Landform in the Grand Canyon, Arizona

Guinevere Castle is a 7,281 ft summit located in the Grand Canyon, in Coconino County of northern Arizona, US. It is situated one-half mile southeast of King Arthur Castle, one mile west of Excalibur, and 2.5 miles northeast of Evans Butte, within the Shinumo Amphitheater. Topographic relief is significant as it rises 5,000 ft above the Colorado River in 4.5 mi, and 2,600 feet above Gawain Abyss in one mile. According to the Köppen climate classification system, Guinevere Castle is located in a cold semi-arid climate zone.

==History==

Clarence Dutton started the tradition of naming geographical features in the Grand Canyon after mythological deities and heroic figures.
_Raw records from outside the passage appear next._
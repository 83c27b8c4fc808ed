use graph::refusal::Refusal;
use lines::Fault;
use reading::check as check_sheet;
use std::process::Abort;
use std::test::Fail;

// A sheet, and the fault that it is due: number, line, field, and the bytes of the field.
#[derive(Clone, Copy)]
struct Case {
    sheet: &'static [u8],
    number: u8,
    line: usize,
    field: usize,
    shown: &'static [u8],
}

// Input that stops early.
const STOPS_EARLY: [Case; 15] = [
    Case {
        sheet: b"",
        number: 9,
        line: 1,
        field: 1,
        shown: b"",
    },
    Case {
        sheet: b"s",
        number: 9,
        line: 1,
        field: 1,
        shown: b"",
    },
    Case {
        sheet: b"s\t4\t0",
        number: 9,
        line: 1,
        field: 1,
        shown: b"",
    },
    Case {
        sheet: b"e",
        number: 9,
        line: 1,
        field: 1,
        shown: b"",
    },
    Case {
        sheet: b"x\ty",
        number: 9,
        line: 1,
        field: 1,
        shown: b"",
    },
    Case {
        sheet: b"s\t4\t0\n",
        number: 9,
        line: 2,
        field: 1,
        shown: b"",
    },
    Case {
        sheet: b"s\t4\t0\ne",
        number: 9,
        line: 2,
        field: 1,
        shown: b"",
    },
    Case {
        sheet: b"s\t4\t0\nx",
        number: 9,
        line: 2,
        field: 1,
        shown: b"",
    },
    Case {
        sheet: b"s\t4\t0\nr\ta text",
        number: 9,
        line: 2,
        field: 1,
        shown: b"",
    },
    Case {
        sheet: b"s\t4\t1\np\t0\t1\n",
        number: 9,
        line: 3,
        field: 1,
        shown: b"",
    },
    Case {
        sheet: b"s\t4\t1\np\t0\t1",
        number: 9,
        line: 2,
        field: 1,
        shown: b"",
    },
    Case {
        sheet: b"s\t4\t1\np\t0\t9",
        number: 9,
        line: 2,
        field: 1,
        shown: b"",
    },
    Case {
        sheet: b"s\t4\t2\np\t0\t1\ne",
        number: 9,
        line: 3,
        field: 1,
        shown: b"",
    },
    Case {
        sheet: b"s\t4\t1\nr\nr\t\np\t0\t1\nr\tend\n",
        number: 9,
        line: 6,
        field: 1,
        shown: b"",
    },
    Case {
        sheet: b"s\t0\t0\r",
        number: 9,
        line: 1,
        field: 1,
        shown: b"",
    },
];

// First line: letter.
const FIRST_LETTER: [Case; 16] = [
    Case {
        sheet: b"\n",
        number: 9,
        line: 1,
        field: 1,
        shown: b"",
    },
    Case {
        sheet: b"\n\n",
        number: 9,
        line: 1,
        field: 1,
        shown: b"",
    },
    Case {
        sheet: b"\ns\t4\t0\ne\n",
        number: 9,
        line: 1,
        field: 1,
        shown: b"",
    },
    Case {
        sheet: b"p\t0\t1\n",
        number: 9,
        line: 1,
        field: 1,
        shown: b"p",
    },
    Case {
        sheet: b"e\n",
        number: 9,
        line: 1,
        field: 1,
        shown: b"e",
    },
    Case {
        sheet: b"r\n",
        number: 9,
        line: 1,
        field: 1,
        shown: b"r",
    },
    Case {
        sheet: b"r\ttext\ns\t0\t0\ne\n",
        number: 9,
        line: 1,
        field: 1,
        shown: b"r",
    },
    Case {
        sheet: b"S\t4\t0\ne\n",
        number: 9,
        line: 1,
        field: 1,
        shown: b"S",
    },
    Case {
        sheet: b"ss\t4\t0\ne\n",
        number: 9,
        line: 1,
        field: 1,
        shown: b"ss",
    },
    Case {
        sheet: b" s\t4\t0\ne\n",
        number: 9,
        line: 1,
        field: 1,
        shown: b" s",
    },
    Case {
        sheet: b"s \t4\t0\ne\n",
        number: 9,
        line: 1,
        field: 1,
        shown: b"s ",
    },
    Case {
        sheet: b"s 4 0\ne\n",
        number: 9,
        line: 1,
        field: 1,
        shown: b"s 4 0",
    },
    Case {
        sheet: b"\ts\t4\t0\ne\n",
        number: 9,
        line: 1,
        field: 1,
        shown: b"",
    },
    Case {
        sheet: b"\xef\xbb\xbfs\t4\t0\ne\n",
        number: 9,
        line: 1,
        field: 1,
        shown: b"\xef\xbb\xbfs",
    },
    Case {
        sheet: b"s\r\n",
        number: 9,
        line: 1,
        field: 1,
        shown: b"s\r",
    },
    Case {
        sheet: b"\x00\t4\t0\ne\n",
        number: 9,
        line: 1,
        field: 1,
        shown: b"\x00",
    },
];

// Size line: fields.
const SIZE_FIELDS: [Case; 30] = [
    Case {
        sheet: b"s\n",
        number: 9,
        line: 1,
        field: 2,
        shown: b"",
    },
    Case {
        sheet: b"s\t\n",
        number: 9,
        line: 1,
        field: 2,
        shown: b"",
    },
    Case {
        sheet: b"s\t4\n",
        number: 9,
        line: 1,
        field: 3,
        shown: b"",
    },
    Case {
        sheet: b"s\t4\t\ne\n",
        number: 9,
        line: 1,
        field: 3,
        shown: b"",
    },
    Case {
        sheet: b"s\t\t0\ne\n",
        number: 9,
        line: 1,
        field: 2,
        shown: b"",
    },
    Case {
        sheet: b"s\t\t\n",
        number: 9,
        line: 1,
        field: 2,
        shown: b"",
    },
    Case {
        sheet: b"s\t4\t0\t\ne\n",
        number: 9,
        line: 1,
        field: 4,
        shown: b"",
    },
    Case {
        sheet: b"s\t4\t0\t0\ne\n",
        number: 9,
        line: 1,
        field: 4,
        shown: b"0",
    },
    Case {
        sheet: b"s\t4\t0\t1\t2\ne\n",
        number: 9,
        line: 1,
        field: 4,
        shown: b"1",
    },
    Case {
        sheet: b"s\tx\t0\ne\n",
        number: 9,
        line: 1,
        field: 2,
        shown: b"x",
    },
    Case {
        sheet: b"s\t4\tx\ne\n",
        number: 9,
        line: 1,
        field: 3,
        shown: b"x",
    },
    Case {
        sheet: b"s\tx\ty\tz\n",
        number: 9,
        line: 1,
        field: 2,
        shown: b"x",
    },
    Case {
        sheet: b"s\t4\tx\t0\ne\n",
        number: 9,
        line: 1,
        field: 3,
        shown: b"x",
    },
    Case {
        sheet: b"s\t04\t0\ne\n",
        number: 9,
        line: 1,
        field: 2,
        shown: b"04",
    },
    Case {
        sheet: b"s\t4\t00\ne\n",
        number: 9,
        line: 1,
        field: 3,
        shown: b"00",
    },
    Case {
        sheet: b"s\t-1\t0\ne\n",
        number: 9,
        line: 1,
        field: 2,
        shown: b"-1",
    },
    Case {
        sheet: b"s\t+4\t0\ne\n",
        number: 9,
        line: 1,
        field: 2,
        shown: b"+4",
    },
    Case {
        sheet: b"s\t4 \t0\ne\n",
        number: 9,
        line: 1,
        field: 2,
        shown: b"4 ",
    },
    Case {
        sheet: b"s\t4\t 0\ne\n",
        number: 9,
        line: 1,
        field: 3,
        shown: b" 0",
    },
    Case {
        sheet: b"s\t4.0\t0\ne\n",
        number: 9,
        line: 1,
        field: 2,
        shown: b"4.0",
    },
    Case {
        sheet: b"s\t1,024\t0\ne\n",
        number: 9,
        line: 1,
        field: 2,
        shown: b"1,024",
    },
    Case {
        sheet: b"s\t0x4\t0\ne\n",
        number: 9,
        line: 1,
        field: 2,
        shown: b"0x4",
    },
    Case {
        sheet: b"s\t1e3\t0\ne\n",
        number: 9,
        line: 1,
        field: 2,
        shown: b"1e3",
    },
    Case {
        sheet: b"s\t100000\t0\ne\n",
        number: 9,
        line: 1,
        field: 2,
        shown: b"100000",
    },
    Case {
        sheet: b"s\t4\t100000\ne\n",
        number: 9,
        line: 1,
        field: 3,
        shown: b"100000",
    },
    Case {
        sheet: b"s\t000001\t0\ne\n",
        number: 9,
        line: 1,
        field: 2,
        shown: b"000001",
    },
    Case {
        sheet: b"s\t4\t0\r\ne\n",
        number: 9,
        line: 1,
        field: 3,
        shown: b"0\r",
    },
    Case {
        sheet: b"s\t4\xff\t0\ne\n",
        number: 9,
        line: 1,
        field: 2,
        shown: b"4\xff",
    },
    Case {
        sheet: b"s\t:\t0\ne\n",
        number: 9,
        line: 1,
        field: 2,
        shown: b":",
    },
    Case {
        sheet: b"s\t/\t0\ne\n",
        number: 9,
        line: 1,
        field: 2,
        shown: b"/",
    },
];

// Size line: 11, after 9.
const SIZE_LARGE: [Case; 9] = [
    Case {
        sheet: b"s\t1025\t0\ne\n",
        number: 11,
        line: 1,
        field: 1,
        shown: b"s",
    },
    Case {
        sheet: b"s\t4\t16385\ne\n",
        number: 11,
        line: 1,
        field: 1,
        shown: b"s",
    },
    Case {
        sheet: b"s\t99999\t0\ne\n",
        number: 11,
        line: 1,
        field: 1,
        shown: b"s",
    },
    Case {
        sheet: b"s\t0\t99999\ne\n",
        number: 11,
        line: 1,
        field: 1,
        shown: b"s",
    },
    Case {
        sheet: b"s\t1025\t16385\ne\n",
        number: 11,
        line: 1,
        field: 1,
        shown: b"s",
    },
    Case {
        sheet: b"s\t1025\t0\n",
        number: 11,
        line: 1,
        field: 1,
        shown: b"s",
    },
    Case {
        sheet: b"s\t1025\tx\ne\n",
        number: 9,
        line: 1,
        field: 3,
        shown: b"x",
    },
    Case {
        sheet: b"s\t1025\t0\t\ne\n",
        number: 9,
        line: 1,
        field: 4,
        shown: b"",
    },
    Case {
        sheet: b"s\t1025\t0\nx\n",
        number: 11,
        line: 1,
        field: 1,
        shown: b"s",
    },
];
Guinevere Castle was named by cartographer Richard Tranter Evans (1881–1966), after Guinevere, queen and wife of King Arthur, in keeping with an Arthurian naming theme for other geographical features in the vicinity, e.g. King Arthur Castle, Elaine Castle, Excalibur, Gawain Abyss, Bedivere Point, Lancelot Point, Holy Grail Temple, and Galahad Point. This feature's name was officially adopted in 1908 by the U.S. Board on Geographic Names. Harvey Butchart climbed both King Arthur Castle and Guinevere Castle on August 25, 1965, placing the first cairn on Guinevere, but was not the first person there as he found evidence that Native Americans had been there, namely a shelter and a granary. King Arthur and Guinevere became the 34th and 35th of the 83 summits Butchart would climb in the Grand Canyon.

==Geology==

The summit is composed of Permian Kaibab Limestone and cream-colored Permian Coconino Sandstone. This sandstone, which is the third-youngest stratum in the Grand Canyon, was deposited 265 million years ago as sand dunes. Below the Coconino Sandstone is reddish slope-forming, Permian Hermit Formation, which in turn overlays the Pennsylvanian-Permian Supai Group. Further down are strata of the cliff-forming Mississippian Redwall Limestone, and slope-forming Cambrian Tonto Group. Precipitation runoff from Guinevere Castle drains west to the Colorado River via Shinumo Creek.